The required response is the number of lines in the entries that include the word "SUBRS", with nothing added.

========================

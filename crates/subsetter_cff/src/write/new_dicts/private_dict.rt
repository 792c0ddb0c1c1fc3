//! Private dicts, written again (Technical Note 5176, section 15 "Private DICT Data").

ghost use Rattle.std.specs.Prelude.{◌≡◌, drop, Some, OnOk, IfOk, IfErr};
ghost use Rattle.std.specs.Option.{option_copied};
ghost use Rattle.std.specs.Str.{bytes_eq};
ghost use Rattle.subsetter_base.specs.Gives.{Fails, following};
ghost use Rattle.subsetter_cffdata.specs.Dicts.Dict.{entry_at, operand_limit};
ghost use Rattle.subsetter_cffdata.specs.Dicts.Operands.{operands_at};
ghost use Rattle.subsetter_cffdata.specs.Dicts.ParserView.{left, shown};
ghost use Rattle.subsetter_cffdata.specs.Dicts.Tokens.{operator_part};
ghost use Rattle.subsetter_cffdata.specs.Views.{operator_of};
ghost use Rattle.subsetter_cff.specs.Read.Entries.Operators.{subroutines_operator};
ghost use Rattle.subsetter_cff.specs.Write.NewDicts.Rewritten.{rewritten_private, Rewrites, IsCopied};

use crate::read::entries::operators::same_operator;
use crate::write::new_dicts::entries::write_numbers;
use subsetter_base::error::Error;
use subsetter_base::read::Reader;
use subsetter_base::write::Writer;
use subsetter_cffdata::dicts::dict::DictionaryParser;
use subsetter_cffdata::dicts::dict::operators::SUBRS;
use subsetter_cffdata::dicts::operator::Operator;
use subsetter_cffdata::dicts::plain::plain_entry;
use subsetter_cffdata::numerals::number::Number;
use subsetter_cffdata::reading;

/// Whether an operator is that of the local subroutines.
fn is_subroutines(operator: &Operator) -> bool
    ensures { result ≡ bytes_eq (operator_of operator.now) subroutines_operator }
{
    same_operator(operator, &SUBRS)
}

/// What follows the entries in front that are copied as they are written and don't lead to subroutines.
fn skip_plain(bytes: &[u8]) -> &[u8]
    ensures { IsCopied bytes.now result.now }
{
    let mut rest = bytes;
    while let Some(entry) = plain_entry(rest) {
        if is_subroutines(&entry.operator) {
            return rest;
        }
        rest = entry.rest;
    }
    rest
}

/// Writes the entry at the front, whose operands a parser shows, unless it leads to subroutines. A real that is too long is
/// `OverflowError`.
fn write_shown(
    w: &mut Writer,
    bytes: &[u8],
    operator: Operator,
    parser: &DictionaryParser<'_>,
) -> Result<(), Error>
    requires entry { operator_part (entry_at bytes.now) ≡ Some (operator_of operator, left parser.now) }
    requires shown { Some (shown parser.now) ≡ operands_at operand_limit bytes.now }
    ensures ok { OnOk result (Rewrites w.old bytes.now w.new (Some (left parser.now))) }
    ensures err { IfErr result (λ e. Fails e (following w.old (rewritten_private bytes.now))) }
{
    if is_subroutines(&operator) {
        return Ok(());
    }
    write_numbers(parser.operands(), operator, w)?;
    Ok(())
}

/// The bytes from an offset on, which are none past the end.
fn bytes_from(bytes: &[u8], at: usize) -> &[u8]
    ensures { result.now ≡ drop at bytes.now }
{
    reading::tail(&Reader::new_at(bytes, at))
}

/// Writes an entry of many operands, unless it leads to subroutines, and returns what follows it; None where no entry can be
/// read. A real that is too long is `OverflowError`.
#[inline(never)]
fn write_long_entry<'a>(w: &mut Writer, bytes: &'a [u8]) -> Result<Option<&'a [u8]>, Error>
    ensures ok { IfOk result (λ rest. Rewrites w.old bytes.now w.new (option_copied rest)) }
    ensures err { IfErr result (λ e. Fails e (following w.old (rewritten_private bytes.now))) }
{
    let mut operands = [Number::zero(); 48];
    let mut parser = DictionaryParser::new(bytes, &mut operands);
    let Some(operator) = parser.parse_entry() else {
        return Ok(None);
    };
    write_shown(w, bytes, operator, &parser)?;
    Ok(Some(bytes_from(bytes, parser.next_offset())))
}

/// Writes an entry by its numbers, unless it leads to subroutines, and returns what follows it; None where no entry can be
/// read. A real that is too long is `OverflowError`. Nearly every entry with a real has one operand.
fn write_entry<'a>(w: &mut Writer, bytes: &'a [u8]) -> Result<Option<&'a [u8]>, Error>
    ensures ok { IfOk result (λ rest. Rewrites w.old bytes.now w.new (option_copied rest)) }
    ensures err { IfErr result (λ e. Fails e (following w.old (rewritten_private bytes.now))) }
{
    let mut operands = [Number::zero(); 2];
    let mut parser = DictionaryParser::new(bytes, &mut operands);
    let Some(operator) = parser.parse_entry() else {
        return Ok(None);
    };
    if parser.operands().len() == 2 {
        return write_long_entry(w, bytes);
    }
    write_shown(w, bytes, operator, &parser)?;
    Ok(Some(bytes_from(bytes, parser.next_offset())))
}

/// Copies the entries that stay as they are written at once, writes one more by its numbers, and returns what follows; None where
/// no further entry can be read. A real that is too long is `OverflowError`.
fn write_run<'a>(w: &mut Writer, bytes: &'a [u8]) -> Result<Option<&'a [u8]>, Error>
    ensures ok { IfOk result (λ rest. Rewrites w.old bytes.now w.new (option_copied rest)) }
    ensures err { IfErr result (λ e. Fails e (following w.old (rewritten_private bytes.now))) }
{
    let rest = skip_plain(bytes);
    let end = bytes.len() - rest.len();
    w.extend(&bytes[..end])?;
    let more = write_entry(w, rest)?;
    Ok(more)
}

/// Writes the entries of a private dict without those that lead to subroutines. A real that is too long is `OverflowError`.
pub fn rewrite_private_dict(w: &mut Writer, private_dict: &[u8]) -> Result<(), Error>
    ensures ok { OnOk result (following w.old (rewritten_private private_dict.now) ≡ Ok w.new) }
    ensures err { IfErr result (λ e. Fails e (following w.old (rewritten_private private_dict.now))) }
{
    let mut left = private_dict;
    while let Some(rest) = write_run(w, left)? {
        left = rest;
    }
    Ok(())
}
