//! The text of each code.

ghost use Rattle.std.specs.Prelude.{◌≡◌, ◌≤◌, ◌<◌, ◌∷◌, ◌==◌, ℕ, List, length, All, IfOk, IfErr, if◌then◌else◌, map, slice_index_or, replicate, [], Some};
ghost use Rattle.subsetter_base.specs.declared.error.Error.TheVariants.{OutOfMemory};
ghost use Rattle.pdf_text.specs.View.{line_view, lines_view};
ghost use Rattle.pdf_text.specs.Cmaps.Cmap.{IsLine, Line, cmap_text};
ghost use Rattle.pdf_codes.specs.Cmaps.Texts.{first_text, is_line_found, joiner, limit, lines_of_codes, is_found, said_by, table_lines, text_in};
ghost use Rattle.subsetter_base.specs.Texts.{or_else, views};

use pdf_text::{Mapping, write_to_unicode};
use std::alloc::Global;
use subsetter_base::Error;

/// One more than the greatest code.
fn limit_of(lines: &[Mapping<'_>]) -> usize
    ensures exact { result ≡ limit (lines_view lines.now) }
    ensures small { result ≤ 65536 }
{
    let mut limit = 0;
    for line in lines {
        limit = limit.max(usize::from(line.code) + 1);
    }
    limit
}

/// A table in which no code has a text.
fn no_texts<'a>(alloc: Global, count: usize) -> Result<Vec<&'a [u16]>, Error>
    ensures ok { IfOk result (λ texts. views texts.items ≡ replicate count []) }
    ensures err { IfErr result (λ e. e ≡ OutOfMemory) }
{
    let empty: &'a [u16] = &[];
    let mut texts = Vec::with_capacity(alloc, count)?;
    for place in 0..count {
        texts.push(empty)?;
    }
    Ok(texts)
}

/// Notes the text of a line, unless an earlier line of its code has one.
#[tactic(auto, using(crate::proofs::CmapsLaws::TextSteps::written_in, crate::proofs::CmapsLaws::TextSteps::kept_in))]
fn put<'a>(texts: &mut Vec<&'a [u16]>, line: Mapping<'a>)
    requires { line.code < length texts.old.items }
    ensures len { length texts.new.items ≡ length texts.old.items }
    ensures put { (k : ℕ) (rest : List Line) → or_else (slice_index_or (views texts.new.items) k []) (first_text rest k) ≡ or_else (slice_index_or (views texts.old.items) k []) (first_text (line_view line.entry ∷ rest) k) }
{
    let code = usize::from(line.code);
    if texts[code].is_empty() {
        texts[code] = line.units;
    }
}

/// The first text of each code below a limit.
#[tactic(auto, using(crate::proofs::CmapsLaws::TextSteps::text_begun, crate::proofs::CmapsLaws::TextSteps::text_done))]
fn first_texts<'a>(
    alloc: Global,
    lines: &[Mapping<'a>],
    bound: usize,
) -> Result<Vec<&'a [u16]>, Error>
    requires { bound ≡ limit (lines_view lines.now) }
    ensures len { IfOk result (λ texts. length texts.items ≡ bound) }
    ensures ok { IfOk result (λ texts. (k : ℕ) → k < bound → slice_index_or (views texts.items) k [] ≡ first_text (lines_view lines.now) k) }
    ensures err { IfErr result (λ e. e ≡ OutOfMemory) }
{
    let mut texts = no_texts(alloc, bound)?;
    for line in lines {
        put(&mut texts, *line);
    }
    Ok(texts)
}

/// The line of a code, whose text isn't empty.
fn line_of(code: usize, units: &[u16]) -> Mapping<'_>
    requires code { code < 65536 }
    requires some { 0 < length units.now }
    ensures line { line_view result ≡ record { code = code; units = units.now } }
    ensures is_line { IsLine (line_view result) }
{
    Mapping {
        code: code as u16,
        units,
    }
}

/// The lines of a table, which has at most 65,536 codes.
#[tactic(auto, using(crate::proofs::CmapsLaws::TextSteps::line_added, crate::proofs::CmapsLaws::TextSteps::line_none, crate::proofs::CmapsLaws::TextSteps::line_is))]
fn lines_in<'a>(alloc: Global, texts: &[&'a [u16]]) -> Result<Vec<Mapping<'a>>, Error>
    requires { length texts.now ≤ 65536 }
    ensures ok { IfOk result (λ lines. lines_view lines.items ≡ table_lines 0 (views texts.now)) }
    ensures are_lines { IfOk result (λ lines. All IsLine (lines_view lines.items)) }
    ensures err { IfErr result (λ e. e ≡ OutOfMemory) }
{
    let mut lines = Vec::new(alloc);
    for place in 0..texts.len() {
        let units = texts[place];
        if !units.is_empty() {
            lines.push(line_of(place, units))?;
        }
    }
    Ok(lines)
}

/// Whether readers find a text, where its code has this one.
fn is_found(text: &[u16], units: &[u16]) -> bool
    ensures { result ≡ is_found text.now units.now }
{
    1 <= units.len() && units.len() <= 8 && text == units
}

/// Whether readers find the text of each line by its code.
#[tactic(auto, using(crate::proofs::CmapsLaws::TextSteps::text_found))]
fn all_found(alloc: Global, lines: &[Mapping<'_>], texts: &[&[u16]]) -> Result<Vec<bool>, Error>
    requires len { length texts.now ≡ limit (lines_view lines.now) }
    requires are { (k : ℕ) → k < length texts.now → slice_index_or (views texts.now) k [] ≡ first_text (lines_view lines.now) k }
    ensures ok { IfOk result (λ said. said.items ≡ map (is_line_found (lines_view lines.now)) (lines_view lines.now)) }
    ensures err { IfErr result (λ e. e ≡ OutOfMemory) }
{
    let mut said = Vec::with_capacity(alloc, lines.len())?;
    for line in lines {
        said.push(is_found(texts[usize::from(line.code)], line.units))?;
    }
    Ok(said)
}

/// U+2060 (word joiner), which has no ink and breaks no word; code 0 has none.
fn joiner(code: u16) -> &'static [u16]
    ensures { result.now ≡ joiner code }
{
    if code == 0 { &[] } else { &[0x2060] }
}

/// Notes U+2060 for a code without a text.
fn put_joiner(texts: &mut Vec<&[u16]>, code: u16)
    requires { code < length texts.old.items }
    ensures len { length texts.new.items ≡ length texts.old.items }
    ensures put { (k : ℕ) → slice_index_or (views texts.new.items) k [] ≡ or_else (slice_index_or (views texts.old.items) k []) (if code == k then joiner code else []) }
{
    put(
        texts,
        Mapping {
            code,
            units: joiner(code),
        },
    );
}

/// Notes U+2060 for each code of the lines that has no text.
fn put_joiners(texts: &mut Vec<&[u16]>, lines: &[Mapping<'_>])
    requires len { length texts.old.items ≡ limit (lines_view lines.now) }
    requires are { (k : ℕ) → k < length texts.old.items → slice_index_or (views texts.old.items) k [] ≡ first_text (lines_view lines.now) k }
    ensures len { length texts.new.items ≡ length texts.old.items }
    ensures put { (k : ℕ) → k < length texts.new.items → slice_index_or (views texts.new.items) k [] ≡ said_by (lines_view lines.now) k }
{
    for line in lines {
        put_joiner(texts, line.code);
    }
}

/// The texts of codes, as a PDF has them.
#[derive(Drop)]
pub struct Texts {
    /// The ToUnicode CMap.
    pub to_unicode: Vec<u8>,
    /// Whether readers find the text of a line by its code.
    pub is_said: Vec<bool>,
}

/// The ToUnicode CMap of codes with their texts, in which a code has its first text that isn't empty, else U+2060 (code 0
/// nothing), and of each line whether readers find its text there.
///
/// # Errors
///
/// `OutOfMemory` alone.
#[tactic(auto, using(crate::proofs::CmapsLaws::TextSteps::lines_are, crate::proofs::CmapsLaws::ReadBack::text_back))]
pub fn texts_for(alloc: Global, lines: &[Mapping<'_>]) -> Result<Texts, Error>
    ensures cmap { IfOk result (λ texts. texts.to_unicode.items ≡ cmap_text (lines_of_codes (lines_view lines.now))) }
    ensures said { IfOk result (λ texts. texts.is_said.items ≡ map (is_line_found (lines_view lines.now)) (lines_view lines.now)) }
    // The CMap is read: each code has what it says.
    ensures read { IfOk result (λ texts. (k : ℕ) → text_in texts.to_unicode.items k ≡ Some (said_by (lines_view lines.now) k)) }
    ensures err { IfErr result (λ e. e ≡ OutOfMemory) }
{
    let mut texts = first_texts(alloc, lines, limit_of(lines))?;
    let is_said = all_found(alloc, lines, &texts)?;
    put_joiners(&mut texts, lines);
    let written = lines_in(alloc, &texts)?;
    let to_unicode = write_to_unicode(alloc, &written)?;
    Ok(Texts {
        to_unicode,
        is_said,
    })
}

========================

**Completed task**
2